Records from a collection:
▬▬▬

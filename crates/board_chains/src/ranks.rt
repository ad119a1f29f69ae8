//! Names of kernels, spaces and threads, in this order and each by their numbers.

ghost use Rattle.std.specs.Prelude.{◌≡◌, ◌≢◌, ◌↔◌, ◌⊎◌, ◌+◌, ◌<◌, ◌≤◌, false, length, Contains, IsTrue};
ghost use Rattle.cache_ident.specs.declared.names.Name.{Name};
ghost use Rattle.board_chains.specs.Lists.{AreAllOnce};
ghost use Rattle.board_chains.specs.Ranks.{is_row as is_row_def, number_of, rank_of, AreInOrder, IsBefore};

use crate::names::{Chain, name_at};
use cache_ident::Name;
use flat_state::MOST_WANTED;

fn rank(name: Name) -> u32
    ensures { result ≡ rank_of name }
{
    match name {
        Name::Kernel(_) => 0,
        Name::Space(_) => 1,
        Name::Thread(_) => 2,
        Name::Mapping(_, _) => 3,
    }
}

fn number(name: Name) -> u32
    ensures { result ≡ number_of name }
{
    match name {
        Name::Kernel(kernel) => kernel.0,
        Name::Space(space) => space.0,
        Name::Thread(thread) => thread.0,
        Name::Mapping(_, vpn) => vpn.0,
    }
}

// Whether a name is that of a row.
pub(crate) fn is_row(name: Name) -> bool
    ensures { result ≡ is_row_def name }
{
    matches!(name, Name::Mapping(_, _))
}

fn is_before(one: Name, other: Name) -> bool
    ensures { IsTrue result ↔ IsBefore one other }
{
    if rank(one) == rank(other) {
        return number(one) < number(other);
    }
    rank(one) < rank(other)
}

// The names of the list that are no row's, in order.
pub(crate) fn numbered_among(names: &[Name]) -> Chain
    requires few { length names.now ≤ MOST_WANTED }
    requires apart { AreAllOnce names.now }
    ensures order { AreInOrder result.items }
    ensures exact { (name : Name) → Contains result.items name ↔ (Contains names.now name × (is_row_def name ≡ false)) }
{
    let mut numbered = Chain::new();
    for name in names {
        if !is_row(*name) {
            insert(*name, &mut numbered);
        }
    }
    numbered
}

// Puts a name that isn't there at its place.
fn insert(name: Name, numbered: &mut Chain)
    requires room { length numbered.old.items < MOST_WANTED }
    requires order { AreInOrder numbered.old.items }
    requires plain { (other : Name) → Contains numbered.old.items other → is_row_def other ≡ false }
    requires its { is_row_def name ≡ false }
    requires fresh { Contains numbered.old.items name → ⊥ }
    ensures order { AreInOrder numbered.new.items }
    ensures exact { (other : Name) → Contains numbered.new.items other ↔ (Contains numbered.old.items other ⊎ (name ≡ other)) }
    ensures len { length numbered.new.items ≡ length numbered.old.items + 1 }
{
    let mut at = 0;
    while at < numbered.len() && is_before(name_at(numbered.as_slice(), at), name) {
        at += 1;
    }
    numbered.insert(at, name);
}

▬▬▬

— TASK DETAILS —
Look through the data above. Copy every line with the string "Rattle" in it.

— ANSWER TO THIS PROBLEM —
ghost use Rattle.std.specs.Prelude.{◌≡◌, ◌≢◌, ◌↔◌, ◌⊎◌, ◌+◌, ◌<◌, ◌≤◌, false, length, Contains, IsTrue};
ghost use Rattle.cache_ident.specs.declared.names.Name.{Name};
ghost use Rattle.board_chains.specs.Lists.{AreAllOnce};
ghost use Rattle.board_chains.specs.Ranks.{is_row as is_row_def, number_of, rank_of, AreInOrder, IsBefore};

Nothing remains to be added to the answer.